Brief — If a line of the data below contains the string "level", copy it into your answer.

Data to examine —
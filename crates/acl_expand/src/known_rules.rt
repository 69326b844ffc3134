ghost use Rattle.std.specs.Prelude.{◌≡◌, ◌++◌, ◌∷◌, [], None, IfOk, IfSome, OnOk};
ghost use Rattle.std.specs.List.{AllByRecursion};
ghost use Rattle.acl_text.specs.Refusals.{Judges};
ghost use Rattle.acl_target.specs.TargetData.{IsTarget};
ghost use Rattle.acl_platform.specs.SoundFilters.{IsSound};
ghost use Rattle.acl_expand.specs.Expansions.{DecidesAsTerms, filter_of};
ghost use Rattle.acl_expand.specs.ExpansionSlips.{first_slip};
ghost use Rattle.acl_expand.specs.KnownRules.{AreKnown, IsKnown, class_of};
ghost use Rattle.acl_expand.specs.TermRules.{rules_of};

use crate::expanding::{filter_with, shared_rules};
use crate::target_classes::TargetClass;
use acl_host::Day;
use acl_platform::{Filter, SharedRules};
use acl_target::Target;
use acl_terms::Term;
use acl_text::{Items, Memory, Refusal};
use std::alloc::Global;

// The rules of terms on the targets of a class.
#[derive(Drop)]
struct TargetRules {
    class: TargetClass,
    rules: SharedRules,
}

/// The rules of the same terms on targets so far, for one day.
///
/// Most terms have the same rules on each platform, so the filters of targets with the same families mostly share them.
#[derive(Drop)]
pub struct KnownRules {
    lists: Items<TargetRules>,
}

// The rules of the terms on the target that day, where they are known.
fn rules_for<'a>(
    lists: &'a [TargetRules],
    terms: &[Term],
    target: &Target,
    today: Day,
) -> Option<&'a SharedRules>
    requires { AllByRecursion (IsKnown today terms.now) lists.now }
    ensures { IfSome result (λ rules. (first_slip target.now today terms.now ≡ None)
        × (rules.now ≡ rules_of target.now today terms.now)) }
{
    let class = TargetClass::of(target);
    for list in lists {
        if list.class.fits(class, today, terms) {
            return Some(&list.rules);
        }
    }
    None
}

impl KnownRules {
    /// No rules are known.
    pub fn new(alloc: Global) -> KnownRules
        ensures { result.lists ≡ [] }
    {
        KnownRules {
            lists: Items::new(alloc),
        }
    }

    // The rules of the terms on the target are known from now on.
    fn keep(&mut self, target: &Target, rules: SharedRules) -> Result<(), Memory>
        ensures { OnOk result (self.new.lists
            ≡ self.old.lists ++ record { class = class_of target.now; rules = rules } ∷ []) }
    {
        let class = TargetClass::of(target);
        self.lists.push(TargetRules { class, rules })
    }

    // The rules of the terms on the target, or their first slip there.
    fn rules_of(
        &mut self,
        alloc: Global,
        terms: &[Term],
        target: &Target,
        today: Day,
    ) -> Result<SharedRules, Refusal>
        requires { AreKnown today terms.now self.old }
        ensures judged { Judges result (first_slip target.now today terms.now) }
        ensures rules { IfOk result (λ rules. rules ≡ rules_of target.now today terms.now) }
        ensures known { OnOk result (AreKnown today terms.now self.new) }
    {
        if let Some(rules) = rules_for(self.lists.as_slice(), terms, target, today) {
            return Ok(rules.share()?);
        }
        let rules = shared_rules(alloc, terms, target, today)?;
        self.keep(target, rules.share()?)?;
        Ok(rules)
    }

    /// The filter of the terms on the target that day, or their first slip there, as `expand` gives it.
    ///
    /// The rules have to be known of these terms and of this day. Where the terms have the same rules on a target for
    /// which they are known, the filter has that list, which is not copied.
    pub fn expand(
        &mut self,
        alloc: Global,
        terms: &[Term],
        target: &Target,
        today: Day,
    ) -> Result<Filter, Refusal>
        requires target { IsTarget target.now }
        requires known { AreKnown today terms.now self.old }
        ensures slip { Judges result (first_slip target.now today terms.now) }
        ensures filter { IfOk result (λ f. f ≡ filter_of target.now today terms.now) }
        ensures sound { IfOk result IsSound }
        ensures decides { IfOk result (DecidesAsTerms target.now today terms.now) }
        ensures known { OnOk result (AreKnown today terms.now self.new) }
    {
        let rules = self.rules_of(alloc, terms, target, today)?;
        Ok(filter_with(alloc, target, rules)?)
    }
}
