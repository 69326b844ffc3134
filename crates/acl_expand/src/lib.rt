//! From the terms of a policy to the rules of a filter.
#![tactic(auto)]

mod conditions;
mod expanding;
mod known_rules;
mod laws;
mod rule_making;
mod slips;
mod target_classes;

pub use expanding::expand;
pub use known_rules::KnownRules;
pub use laws::{alike_targets_have_the_same_rules, filters_decide_as_written};
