// Eight symbols in one number, so that one step works on all of them. The contracts cite the definitions of specs/.
#![tactic(auto)]

ghost use Rattle.std.specs.Prelude.{◌≡◌, length, get_or};
ghost use Rattle.spec_range.specs.Table.{table};
ghost use Rattle.spec_word.specs.Lanes.{lane, packed, Narrow};

use sizes::EIGHT;

// The number that holds eight symbols. That each is a byte, which a list of numbers does not show, is told on.
pub fn pack(e: &[u8]) -> u64
    requires { length e.now ≡ 8 }
    ensures { (result ≡ packed 8 8 (λ k. get_or e.now k 0)) × Narrow 8 8 (λ k. get_or e.now k 0) }
{
    let mut x: u64 = 0;
    for k in 0..EIGHT {
        x = x | (u64::from(e[k]) << sizes::digits_below(k));
    }
    x
}

// Writes the eight symbols that a number holds.
pub fn unpack(x: u64, e: &mut [u8])
    requires { length e.old ≡ 8 }
    ensures { e.new ≡ table 8 (λ k. lane 8 k x) }
{
    for k in 0..EIGHT {
        e[k] = ((x >> sizes::digits_below(k)) & 255) as u8;
    }
}
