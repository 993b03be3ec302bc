//! What stands in parentheses alone: the content of a `Some`, of a newtype, or of a variant that holds one value.
ghost use Rattle.std.specs.Prelude.{◌<◌, ◌∷◌, length};
ghost use Rattle.ron_spec_words.specs.Characters.{left_parenthesis};
ghost use Rattle.ron_de_steps.specs.Advance.{Advances};
ghost use Rattle.ron_de_parts.specs.Content.{ReadsBelow, ReadsContent, ReadsBareBelow};
ghost use Rattle.ron_de_parts.specs.Kept.{Kept};
ghost use Rattle.ron_de_parts.specs.Slices.{StringsAreSliced};
ghost use Rattle.ron_de.specs.Turns.{SpendsShape, SpendsBare, SpendsGroup};

use crate::bare::read_bare;
use crate::value::read_value;
use ron_base::error::Result;
use ron_data::data::Data;
use ron_de_parts::content::{Holder, close_content};
use ron_de_parts::context::Context;
use ron_de_steps::gap::pass_gap;
use ron_lex::cursor::Cursor;

/// Reads content behind its opening parenthesis, a level deeper: bare content where it is unwrapped, else a value with
/// perhaps a comma behind it; and the closing one.
#[cycle(read)]
pub(crate) fn read_content<'o>(
    context: &Context<'_, 'o>,
    cursor: &mut Cursor<'_>,
    content: usize,
    is_unwrapped: bool,
    holder: Holder,
) -> Result<Data<'o>>
    requires { content < length context.now.schema }
    ensures value { ReadsContent context.now is_unwrapped content (left_parenthesis ∷ cursor.old.rest) result
        cursor.new.rest }
    ensures advance { Advances (Kept context.now.source (StringsAreSliced cursor.old.rest) cursor.old.text) cursor.old result cursor.new }
    ensures turns { SpendsGroup context.now.schema cursor.old result cursor.new }
{
    pass_gap(cursor)?;
    if is_unwrapped {
        return read_bare_below(context, cursor, content, holder);
    }
    let value = read_below(context, cursor, content)?;
    close_content(cursor, holder)?;
    Ok(value)
}

/// Reads a value a level deeper.
#[cycle(read)]
pub(crate) fn read_below<'o>(
    context: &Context<'_, 'o>,
    cursor: &mut Cursor<'_>,
    content: usize,
) -> Result<Data<'o>>
    requires { content < length context.now.schema }
    ensures value { ReadsBelow context.now content cursor.old result cursor.new.rest }
    ensures advance { Advances (Kept context.now.source (StringsAreSliced cursor.old.rest) cursor.old.text) cursor.old result cursor.new }
    ensures turns { SpendsShape context.now.schema content cursor.old result cursor.new }
{
    let inner = context.deeper()?;
    read_value(&inner, cursor, content)
}

/// Reads bare content a level deeper, up to and past the closing parenthesis.
#[cycle(read)]
pub(crate) fn read_bare_below<'o>(
    context: &Context<'_, 'o>,
    cursor: &mut Cursor<'_>,
    content: usize,
    holder: Holder,
) -> Result<Data<'o>>
    requires { content < length context.now.schema }
    ensures value { ReadsBareBelow context.now content cursor.old result cursor.new.rest }
    ensures advance { Advances (Kept context.now.source (StringsAreSliced cursor.old.rest) cursor.old.text) cursor.old result cursor.new }
    ensures turns { SpendsBare context.now.schema content cursor.old result cursor.new }
{
    let inner = context.deeper()?;
    read_bare(&inner, cursor, content, holder)
}
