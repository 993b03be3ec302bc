//! Reading bare content: what stands in the parentheses of a `Some` or a variant that are those of the value as well.
ghost use Rattle.std.specs.Prelude.{◌≡◌, ◌<◌, true, suc, nat_lt, Some, length, chars, slice_get};
ghost use Rattle.std.specs.List.{list_all};
ghost use Rattle.ron_spec_grammar.specs.Room.{rank};
ghost use Rattle.ron_spec_grammar.specs.Schema.{optional, newtype};
ghost use Rattle.ron_de_steps.specs.Advance.{Advances};
ghost use Rattle.ron_de_parts.specs.Content.{ReadsBare, ReadsBareShape, ReadsClosed, ReadsBareItems};
ghost use Rattle.ron_de_parts.specs.Kept.{Kept};
ghost use Rattle.ron_de_parts.specs.Slices.{StringsAreSliced, ItemsAreSliced};
ghost use Rattle.ron_de.specs.Turns.{SpendsBare, SpendsShape, SpendsItems};

use crate::content::{read_bare_below, read_below};
use crate::structs::read_fields_inside;
use crate::tuples::read_tuple_inside;
use crate::value::read_value;
use ron_base::error::Result;
use ron_data::data::Data;
use ron_data_schema::schema::Shape;
use ron_de_parts::content::{Holder, close_bare, close_content};
use ron_de_parts::context::Context;
use ron_de_parts::options::stands_alone;
use ron_de_parts::raw::read_bare_raw;
use ron_de_parts::tuples::Owner;
use ron_de_parts::untyped::read_bare_untyped;
use ron_lex::cursor::Cursor;

/// Reads bare content of the shape at `index`, up to and past the closing parenthesis.
#[cycle(read)]
pub(crate) fn read_bare<'o>(
    context: &Context<'_, 'o>,
    cursor: &mut Cursor<'_>,
    index: usize,
    holder: Holder,
) -> Result<Data<'o>>
    requires { index < length context.now.schema }
    ensures value { ReadsBare context.now index cursor.old result cursor.new.rest }
    ensures advance { Advances (Kept context.now.source (StringsAreSliced cursor.old.rest) cursor.old.text) cursor.old result cursor.new }
    ensures turns { SpendsBare context.now.schema index cursor.old result cursor.new }
{
    match context.shape(index) {
        Some(Shape::Unit) => {
            close_bare(cursor, holder)?;
            Ok(Data::Unit)
        }
        Some(Shape::UnitStruct(name)) => {
            if cursor.opens_interval() {
                return read_closed(context, cursor, index, holder);
            }
            close_bare(cursor, holder)?;
            Ok(Data::UnitStruct(String::from_str(context.alloc(), name.as_str())?))
        }
        Some(Shape::Option(content)) => read_bare_option(context, cursor, index, *content, holder),
        Some(Shape::Newtype(name, content)) => {
            read_bare_newtype(context, cursor, name.as_str(), *content, holder)
        }
        Some(Shape::Tuple(shapes)) => {
            let items = read_bare_items(context, cursor, shapes.as_slice(), Owner::Tuple, holder)?;
            Ok(Data::Tuple(items))
        }
        Some(Shape::TupleStruct(name, shapes)) => {
            let name = name.as_str();
            let items = read_bare_items(
                context,
                cursor,
                shapes.as_slice(),
                Owner::Struct(name),
                holder,
            )?;
            Ok(Data::TupleStruct(String::from_str(context.alloc(), name)?, items))
        }
        Some(Shape::Struct(name, list)) => {
            if cursor.opens_interval() {
                return read_closed(context, cursor, index, holder);
            }
            let name = name.as_str();
            let fields = read_fields_inside(context, cursor, name, list)?;
            Ok(Data::Struct(String::from_str(context.alloc(), name)?, fields))
        }
        Some(Shape::Value) => read_bare_untyped(context, cursor, holder),
        Some(Shape::Bool) => read_closed(context, cursor, index, holder),
        Some(Shape::Int(_)) => read_closed(context, cursor, index, holder),
        Some(Shape::Char) => read_closed(context, cursor, index, holder),
        Some(Shape::Str) => read_closed(context, cursor, index, holder),
        Some(Shape::Bytes) => read_closed(context, cursor, index, holder),
        Some(Shape::Seq(_)) => read_closed(context, cursor, index, holder),
        Some(Shape::Map(_, _)) => read_closed(context, cursor, index, holder),
        Some(Shape::Enum(_, _)) => read_closed(context, cursor, index, holder),
        Some(Shape::Raw) => read_bare_raw(context, cursor, holder),
        None => unreachable!(),
    }
}

/// Reads bare content of a shape that has no bare form of its own: a value, with perhaps a comma behind it.
#[cycle(read)]
fn read_closed<'o>(
    context: &Context<'_, 'o>,
    cursor: &mut Cursor<'_>,
    index: usize,
    holder: Holder,
) -> Result<Data<'o>>
    requires { index < length context.now.schema }
    ensures value { ReadsClosed context.now index cursor.old result cursor.new.rest }
    ensures advance { Advances (Kept context.now.source (StringsAreSliced cursor.old.rest) cursor.old.text) cursor.old result cursor.new }
    ensures turns { SpendsShape context.now.schema index cursor.old result cursor.new }
{
    let value = read_value(context, cursor, index)?;
    close_content(cursor, holder)?;
    Ok(value)
}

/// Reads a bare option: its content is bare too where it stands alone.
#[cycle(read)]
fn read_bare_option<'o>(
    context: &Context<'_, 'o>,
    cursor: &mut Cursor<'_>,
    index: usize,
    content: usize,
    holder: Holder,
) -> Result<Data<'o>>
    requires at { slice_get context.now.schema index ≡ Some (optional content) }
    requires in_range { (index < length context.now.schema) × (content < length context.now.schema) }
    requires falls { rank context.now.schema index ≡ suc (rank context.now.schema content) }
    ensures value { ReadsBare context.now index cursor.old result cursor.new.rest }
    ensures advance { Advances (Kept context.now.source (StringsAreSliced cursor.old.rest) cursor.old.text) cursor.old result cursor.new }
    ensures turns { SpendsBare context.now.schema index cursor.old result cursor.new }
{
    if !stands_alone(context, cursor) {
        return read_closed(context, cursor, index, holder);
    }
    let value = read_bare_below(context, cursor, content, holder)?;
    Ok(Data::Option(Some(Box::new(context.alloc(), value)?)))
}

/// Reads a bare newtype: its content alone.
#[cycle(read)]
fn read_bare_newtype<'o>(
    context: &Context<'_, 'o>,
    cursor: &mut Cursor<'_>,
    name: &str,
    content: usize,
    holder: Holder,
) -> Result<Data<'o>>
    requires { content < length context.now.schema }
    ensures value { ReadsBareShape context.now (newtype (chars name.now) content) cursor.old result cursor.new.rest }
    ensures advance { Advances (Kept context.now.source (StringsAreSliced cursor.old.rest) cursor.old.text) cursor.old result cursor.new }
    ensures turns { SpendsShape context.now.schema content cursor.old result cursor.new }
{
    let value = read_below(context, cursor, content)?;
    close_content(cursor, holder)?;
    let name = String::from_str(context.alloc(), name)?;
    Ok(Data::Newtype(name, Box::new(context.alloc(), value)?))
}

/// Reads the bare items of a tuple. Where there are none, a comma may stand all the same.
#[cycle(read)]
fn read_bare_items<'o>(
    context: &Context<'_, 'o>,
    cursor: &mut Cursor<'_>,
    shapes: &[usize],
    owner: Owner<'_>,
    holder: Holder,
) -> Result<Vec<Data<'o>>>
    requires { list_all (λ j. nat_lt j (length context.now.schema)) shapes.now ≡ true }
    ensures value { ReadsBareItems context.now shapes.now cursor.old result cursor.new.rest }
    ensures advance { Advances (Kept context.now.source (ItemsAreSliced cursor.old.rest) cursor.old.text) cursor.old result cursor.new }
    ensures turns { SpendsItems context.now.schema cursor.old result cursor.new }
{
    if !shapes.is_empty() {
        return read_tuple_inside(context, cursor, shapes, owner);
    }
    context.deeper()?;
    close_bare(cursor, holder)?;
    Ok(Vec::new(context.alloc()))
}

Response to the exercise —
/// Reads content behind its opening parenthesis, a level deeper: bare content where it is unwrapped, else a value with
/// Reads a value a level deeper.
/// Reads bare content a level deeper, up to and past the closing parenthesis.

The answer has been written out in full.